**ABOUT THIS TASK:**
Write out exactly the lines of the entries below from the one holding "takes no memory." to the one holding "IsTrue (in_ranges read)", inclusive, and leave out all other lines.

**PROVIDED DATA:**
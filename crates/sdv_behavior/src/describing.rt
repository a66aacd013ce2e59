//! From the text of a description to the card that it gives.

ghost use Rattle.std.specs.Prelude.{◌≡◌, false, true, IsTrue, MatchResult};
ghost use Rattle.sdv_behavior.specs.Grammar.{in_ranges};
ghost use Rattle.sdv_behavior.specs.Described.{within_capacity, parts_of};
ghost use Rattle.sdv_behavior.specs.Gives.{parts, Gives, Describes, Refuses};

use crate::card_desc::CardDesc;
use crate::csd::{block_csd, byte_csd, size_blocks};
use crate::description::{Description, Size};
use crate::reading::description;
use sdv_image::SimFault;
use sdv_registers::Kind;

impl CardDesc {
    /// The card that the text of a description gives. It takes no memory.
    ///
    /// # Errors
    ///
    /// [`SimFault::Description`] where the text is no description, else [`SimFault::Capacity`] where a card of its kind
    /// and unit cannot have as many blocks: an e.MMC device with byte addresses has 2^22 at most.
    pub fn parse(text: &str) -> Result<CardDesc, SimFault>
        ensures { MatchResult result (Describes text.now) (Refuses text.now) }
    {
        match description(text.as_bytes()) {
            Some(read) => CardDesc::of(read),
            None => Err(SimFault::Description),
        }
    }

    /// The card that a description gives.
    ///
    /// # Errors
    ///
    /// [`SimFault::Capacity`] where a card of its kind and unit cannot have as many blocks.
    fn of(read: Description) -> Result<CardDesc, SimFault>
        requires { IsTrue (in_ranges read) }
        ensures { MatchResult result (Gives read)
            (λ fault. (fault ≡ SimFault.Capacity) × (within_capacity read ≡ false)) }
    {
        match read {
            Description::SdBytes { version, size, rca } => Ok(sd_bytes(version, size, rca)),
            Description::SdBlocks { c_size, rca } => Ok(sd_blocks(c_size, rca)),
            Description::EmmcBytes { size, .. } if size_blocks(size) > 4_194_304 => Err(
                SimFault::Capacity,
            ),
            Description::EmmcBytes { size, boot } => Ok(emmc_bytes(size, boot)),
            Description::EmmcBlocks { sectors, boot } => Ok(emmc_blocks(sectors, boot)),
        }
    }
}

/// An SD card with byte addresses.
fn sd_bytes(version: u8, size: Size, rca: u16) -> CardDesc
    requires { IsTrue (in_ranges (Description.SdBytes version size rca)) }
    ensures { parts result ≡ parts_of (Description.SdBytes version size rca) }
{
    CardDesc {
        kind: Kind::Sd,
        version,
        block_unit: false,
        capacity: size_blocks(size),
        csd: byte_csd(size),
        sectors: 0,
        boot_size_mult: 0,
        block_length: 1 << size.read_bl_len,
        rca,
    }
}

/// An SD card with block addresses.
fn sd_blocks(c_size: u32, rca: u16) -> CardDesc
    requires { IsTrue (in_ranges (Description.SdBlocks c_size rca)) }
    ensures { parts result ≡ parts_of (Description.SdBlocks c_size rca) }
{
    CardDesc {
        kind: Kind::Sd,
        version: 2,
        block_unit: true,
        capacity: (u64::from(c_size) + 1) * 1024,
        csd: block_csd(c_size),
        sectors: 0,
        boot_size_mult: 0,
        block_length: 512,
        rca,
    }
}

/// An e.MMC device with byte addresses.
fn emmc_bytes(size: Size, boot: u8) -> CardDesc
    requires ranges { IsTrue (in_ranges (Description.EmmcBytes size boot)) }
    requires capacity { within_capacity (Description.EmmcBytes size boot) ≡ true }
    ensures { parts result ≡ parts_of (Description.EmmcBytes size boot) }
{
    CardDesc {
        kind: Kind::Emmc,
        version: 0,
        block_unit: false,
        capacity: size_blocks(size),
        csd: byte_csd(size),
        sectors: 0,
        boot_size_mult: boot,
        block_length: 1 << size.read_bl_len,
        rca: 1,
    }
}

/// An e.MMC device with block addresses.
fn emmc_blocks(sectors: u32, boot: u8) -> CardDesc
    requires { IsTrue (in_ranges (Description.EmmcBlocks sectors boot)) }
    ensures { parts result ≡ parts_of (Description.EmmcBlocks sectors boot) }
{
    CardDesc {
        kind: Kind::Emmc,
        version: 0,
        block_unit: true,
        capacity: u64::from(sectors),
        csd: byte_csd(Size {
            c_size: 4095,
            c_size_mult: 7,
            read_bl_len: 9,
        }),
        sectors,
        boot_size_mult: boot,
        block_length: 512,
        rca: 1,
    }
}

**RESPONSE:**
    /// The card that the text of a description gives. It takes no memory.
    ///
    /// # Errors
    ///
    /// [`SimFault::Description`] where the text is no description, else [`SimFault::Capacity`] where a card of its kind
    /// and unit cannot have as many blocks: an e.MMC device with byte addresses has 2^22 at most.
    pub fn parse(text: &str) -> Result<CardDesc, SimFault>
        ensures { MatchResult result (Describes text.now) (Refuses text.now) }
    {
        match description(text.as_bytes()) {
            Some(read) => CardDesc::of(read),
            None => Err(SimFault::Description),
        }
    }

    /// The card that a description gives.
    ///
    /// # Errors
    ///
    /// [`SimFault::Capacity`] where a card of its kind and unit cannot have as many blocks.
    fn of(read: Description) -> Result<CardDesc, SimFault>
        requires { IsTrue (in_ranges read) }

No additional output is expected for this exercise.